Yeah, I get that impression sometimes too.


----------



## Mpsox (27 Jun 2011)

TarfHead said:


> Well, she does 'owe' the Irish people a few months after bailing out early the last time


 
but would she pack it again if she got a better job offer somewhere else?


----------



## liaconn (27 Jun 2011)

JEON50 said:


> *For me it has to be David Norris*, I* hope I due not upset anybody, who are over the top PC. *But I think David would represent Ireland 2012. He would do a great presentation internationally for Ireland. He would be perfect, and inject some fun, but still have the intectual awareness to represent the commercial and cultural reserves, of Ireland to 2019.


 
I think the over the top pc brigade are the ones _most_ likely to vote for Senator Norris. If people want to vote for him because they think he will represent us well, has qualities they admire etc etc then fair enough.

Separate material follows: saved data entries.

//! The Neighbor Set (RFC 6130, section 8.1, and RFC 7181, section 9).
ghost use Rattle.std.specs.Prelude.{◌≡◌, ◌≢◌, ◌+◌, ◌<◌, ◌↔◌, ℕ, [], List, length, Contains, IfOk, IfSome, IfNone, OnOk, Some};
ghost use Rattle.std.specs.List.{IsDistinct};
ghost use Rattle.mesh_atoms.specs.declared.tuples.Neighbour.{Neighbour};
ghost use Rattle.mesh_atoms.specs.Base.{Base, HasDistinctKeys, find, addr_eq};
ghost use Rattle.mesh_atoms.specs.Words.{IsAscending};
ghost use Rattle.mesh_atoms.specs.AfterHello.{announced};
ghost use Rattle.mesh_expire.specs.Table.{changed_at, entry_of};
ghost use Rattle.mesh_nbrs.specs.declared.neighbours.LinkNote.{LinkNote};
ghost use Rattle.mesh_nbrs.specs.Neighbours.{Replaces, RestoresBy, IsSpokenOf, HasSummary, by_summary};
ghost use Rattle.mesh_nbrs.specs.Owners.{Owned, KeepsAddrs};
ghost use Rattle.mesh_nbrs.specs.Parts.{AreSummariesOf};

use crate::owners::{all_spoken_of, end_owned, remove_owned};
use crate::parts::{has_part, parts_of, together};
use crate::replacing::{put_owned, remove_others};
use crate::summary::Summary;
use indexmap::IndexMap;
use mesh_atoms::{Addr4, LinkKey, Metric, Neighbour, Seq, Willing};
use mesh_expire::Table;
use std::alloc::{AllocError, Global};
use std::marker::Model;

/// What a neighbour is to know of a link: its key, whether it is SYMMETRIC, its metrics and its moment in ticks of 1/8192 s.
#[derive(Clone, Copy)]
pub struct LinkNote {
    pub key: LinkKey,
    pub symmetric: bool,
    pub link_in: Metric,
    pub link_out: Option<Metric>,
    pub until: u64,
}

/// The neighbours of a router, by originator. After an allocation failure the set may only be dropped.
#[derive(Drop)]
pub struct NeighbourSet<T: Table<Addr4, Neighbour>> {
    table: T,
    owners: IndexMap<Addr4, Addr4>,
    alloc: Global,
}

impl<T: Table<Addr4, Neighbour>> Model for NeighbourSet<T> {
    ghost use Rattle.mesh_atoms.specs.Base.{Base};
    ghost use Rattle.mesh_atoms.specs.declared.addr.Addr4.{Addr4};
    ghost use Rattle.mesh_atoms.specs.declared.tuples.Neighbour.{Neighbour};
    ghost use Rattle.mesh_atoms.specs.Base.{HasDistinctKeys, addr_eq};
    ghost use Rattle.mesh_nbrs.specs.Owners.{Owned};

    ghost Value = { Base Addr4 Neighbour };

    ghost view = { λ s. T.content s.table };

    ghost invariant = { λ s. HasDistinctKeys addr_eq (T.content s.table) × Owned s.owners.entries (T.content s.table) };
}

impl<T: Table<Addr4, Neighbour>> NeighbourSet<T> {
    /// No neighbours.
    pub fn new(alloc: Global) -> Result<NeighbourSet<T>, AllocError>
        ensures { IfOk result (λ set. set ≡ []) }
    {
        Ok(NeighbourSet {
            table: T::new(alloc)?,
            owners: IndexMap::new(alloc),
            alloc,
        })
    }

    /// The neighbours as a table. Takes no memory.
    pub fn table(&self) -> &T
        ensures content { T.content result.now ≡ self.now }
        ensures distinct { HasDistinctKeys addr_eq self.now }
    {
        &self.table
    }

    /// The originators of the neighbours that a HELLO with this originator and these addresses speaks of: by the originator
    /// or by one of the addresses (RFC 6130, section 12.3, and RFC 7181, section 15.3), each once. Looks each address up once.
    pub fn spoken_of(&self, originator: Addr4, listed: &[Addr4]) -> Result<Vec<Addr4>, AllocError>
        ensures { IfOk result (λ found. (o : Addr4) → Contains found.items o ↔ IsSpokenOf self.now originator listed.now o) }
    {
        all_spoken_of(self.alloc, &self.table, &self.owners, originator, listed)
    }

    /// The neighbour that has the address, with its originator and moment. Takes no memory. Looks at no other neighbour.
    pub fn with_address(&self, addr: Addr4) -> Option<(&Addr4, &Neighbour, u64)>
        ensures some { IfSome (entry_of result) (λ e. (find addr_eq self.now e.0 ≡ Some e.1) × Contains e.1.0.addrs addr) }
        ensures only { IfSome (entry_of result) (λ e. (o : Addr4) (f : Neighbour × ℕ) → find addr_eq self.now o ≡ Some f → Contains f.0.addrs addr → o ≡ e.0) }
        ensures none { IfNone result ((o : Addr4) (f : Neighbour × ℕ) → find addr_eq self.now o ≡ Some f → Contains f.0.addrs addr → ⊥) }
    {
        let originator = self.owners.get(&addr)?;
        let (neighbour, until) = self.table.get(originator)?;
        Some((originator, neighbour, until))
    }

    /// How many addresses the neighbours have. Takes no memory.
    pub fn address_count(&self) -> usize
        ensures { (held : List Addr4) × IsDistinct addr_eq held × (length held ≡ result)
            × ((a : Addr4) → Contains held a ↔ ((o : Addr4) × (e : Neighbour × ℕ) × (find addr_eq self.now o ≡ Some e) × Contains e.0.addrs a)) }
    {
        self.owners.len()
    }

    /// Makes one neighbour of all that match a HELLO, by the originator or by one of the addresses that it tells of
    /// (RFC 6130, section 12.3, and RFC 7181, section 15.3), and gives how many were taken out. The new one has that
    /// originator, those addresses, willingness and routing selector flag; it is not symmetric and has no metrics. The
    /// addresses are in ascending order, at least one. Looks each of them up, and looks at no neighbour that doesn't match; one
    /// that has that originator and just these addresses keeps its place. Takes memory for the new neighbour, for its
    /// addresses and for the originators of those that match.
    pub fn replace(
        &mut self,
        originator: Addr4,
        addrs: &[Addr4],
        willing: Willing,
        selector: bool,
        until: u64,
    ) -> Result<usize, AllocError>
        requires ascending { IsAscending addrs.now }
        requires some { 0 < length addrs.now }
        ensures ok { OnOk result (Replaces originator addrs.now willing selector until self.old self.new) }
        ensures count { IfOk result (λ taken_out. taken_out + length self.new ≡ length self.old + 1) }
        ensures distinct { HasDistinctKeys addr_eq self.new }
    {
        let before = self.table.len();
        let neighbour = neighbour_with(self.alloc, addrs, willing, selector)?;
        let found = all_spoken_of(self.alloc, &self.table, &self.owners, originator, addrs)?;
        remove_others(&mut self.table, &mut self.owners, &found, originator);
        put_owned(
            &mut self.table,
            &mut self.owners,
            originator,
            addrs,
            neighbour,
            until,
        )?;
        Ok(before - (self.table.len() - 1))
    }

    /// Brings the neighbours in line with their links (RFC 6130, section 13, and RFC 7181, section 17.6), which the notes tell
    /// of: a link is a neighbour's where the neighbour has the address of its key. A neighbour without a link goes. Any other
    /// gets the latest moment of its links, is symmetric where one of them is SYMMETRIC, and gets the least metrics of those;
    /// one that isn't symmetric loses its routing selector flag. Looks at each address of each neighbour; where a
    /// neighbour goes, looks the owner of each of these addresses up as well.
    pub fn expire(&mut self, notes: &[LinkNote]) -> Result<(), AllocError>
        ensures ok { OnOk result ((o : Addr4) → RestoresBy notes.now (find addr_eq self.old o) (find addr_eq self.new o)) }
        ensures distinct { HasDistinctKeys addr_eq self.new }
    {
        let parts = parts_of(self.alloc, notes)?;
        end_owned(&mut self.table, &mut self.owners, &parts);
        renew_all(&mut self.table, &parts)
    }

    /// The same for the neighbour with that originator alone; all others stay as they are. The notes tell of the links whose
    /// keys are among its addresses. Looks at no other neighbour.
    pub fn follow(&mut self, originator: Addr4, notes: &[LinkNote]) -> Result<(), AllocError>
        ensures one { OnOk result (RestoresBy notes.now (find addr_eq self.old originator) (find addr_eq self.new originator)) }
        ensures others { OnOk result ((o : Addr4) → o ≢ originator → find addr_eq self.new o ≡ find addr_eq self.old o) }
        ensures distinct { HasDistinctKeys addr_eq self.new }
    {
        let parts = parts_of(self.alloc, notes)?;
        follow_parts(&mut self.table, &mut self.owners, originator, &parts)
    }
}

// Sets what the notes tell of each neighbour.
fn renew_all<T: Table<Addr4, Neighbour>>(
    table: &mut T,
    parts: &IndexMap<Addr4, Summary>,
) -> Result<(), AllocError>
    requires { HasDistinctKeys addr_eq (T.content table.old) }
    ensures ok { OnOk result ((notes : List LinkNote) → AreSummariesOf notes parts.now.entries
        → (o : Addr4) → HasSummary notes (find addr_eq (T.content table.old) o) (find addr_eq (T.content table.new) o)) }
    ensures addrs { KeepsAddrs (T.content table.old) (T.content table.new) }
    ensures distinct { HasDistinctKeys addr_eq (T.content table.new) }
{
    for place in 0..table.len() {
        let (originator, summary) = match table.at(place) {
            Some((originator, neighbour, _)) => (
                *originator,
                together(parts, neighbour.addrs.as_slice()),
            ),
            None => return Ok(()),
        };
        renew(table, &originator, &summary)?;
    }
    Ok(())
}

// Sets what the notes tell of the neighbour with that originator, or takes it out where no note is of it.
fn follow_parts<T: Table<Addr4, Neighbour>>(
    table: &mut T,
    owners: &mut IndexMap<Addr4, Addr4>,
    originator: Addr4,
    parts: &IndexMap<Addr4, Summary>,
) -> Result<(), AllocError>
    requires owned { Owned owners.old.entries (T.content table.old) }
    requires distinct { HasDistinctKeys addr_eq (T.content table.old) }
    ensures owned { Owned owners.new.entries (T.content table.new) }
    ensures one { OnOk result ((notes : List LinkNote) → AreSummariesOf notes parts.now.entries
        → RestoresBy notes (find addr_eq (T.content table.old) originator) (find addr_eq (T.content table.new) originator)) }
    ensures others { OnOk result ((o : Addr4) → o ≢ originator → find addr_eq (T.content table.new) o ≡ find addr_eq (T.content table.old) o) }
    ensures distinct { HasDistinctKeys addr_eq (T.content table.new) }
{
    let Some((neighbour, _)) = table.get(&originator) else {
        return Ok(());
    };
    let addrs = neighbour.addrs.as_slice();
    if !has_part(parts, addrs) {
        remove_owned(table, owners, originator);
        return Ok(());
    }
    let summary = together(parts, addrs);
    renew(table, &originator, &summary)
}

// Sets flags, metrics and moment of one neighbour.
fn renew<T: Table<Addr4, Neighbour>>(
    table: &mut T,
    originator: &Addr4,
    summary: &Summary,
) -> Result<(), AllocError>
    ensures ok { OnOk result (T.content table.new
        ≡ changed_at addr_eq (T.content table.old) originator.now (λ e. (by_summary summary.now e.0, summary.now.until))) }
    ensures addrs { KeepsAddrs (T.content table.old) (T.content table.new) }
    ensures distinct { HasDistinctKeys addr_eq (T.content table.new) }
{
    write(table, originator, summary);
    table.set_until(originator, summary.until)?;
    Ok(())
}

// Sets flags and metrics of one neighbour.
fn write<T: Table<Addr4, Neighbour>>(table: &mut T, originator: &Addr4, summary: &Summary)
    ensures { T.content table.new ≡ changed_at addr_eq (T.content table.old) originator.now (λ e. (by_summary summary.now e.0, e.1)) }
{
    if let Some(neighbour) = table.value_mut(originator) {
        neighbour.symmetric = summary.symmetric;
        neighbour.metric_in = summary.metric_in;
        neighbour.metric_out = summary.metric_out;
        neighbour.selector &= summary.symmetric;
    }
}

// The neighbour that a HELLO tells of, before its links are looked at.
fn neighbour_with(
    alloc: Global,
    addrs: &[Addr4],
    willing: Willing,
    selector: bool,
) -> Result<Neighbour, AllocError>
    ensures { IfOk result (λ neighbour. neighbour ≡ announced addrs.now willing selector) }
{
    Ok(Neighbour {
        addrs: Seq::from_vec(Vec::from_slice(alloc, addrs)?),
        symmetric: false,
        metric_in: None,
        metric_out: None,
        willing,
        selector,
    })
}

But I imagine a lot of people will vote for him to show how liberal they are or because it will show the rest of the world how 'cool' Ireland is. They will then go around saying that anyone who hasn't voted for him is a 'dinosaur' or hasn't 'moved on', while smugly patting themselves on the back for being so 'mature'.


----------



## Purple (27 Jun 2011)

liaconn said:


> I think the over the top pc brigade are the ones _most_ likely to vote for Senator Norris. If people want to vote for him because they think he will represent us well, has qualities they admire etc etc then fair enough.
> 
> But I imagine a lot of people will vote for him to show how liberal they are or because it will show the rest of the world how 'cool' Ireland is. They will then go around saying that anyone who hasn't voted for him is a 'dinosaur' or hasn't 'moved on', while smugly patting themselves on the back for being so 'mature'.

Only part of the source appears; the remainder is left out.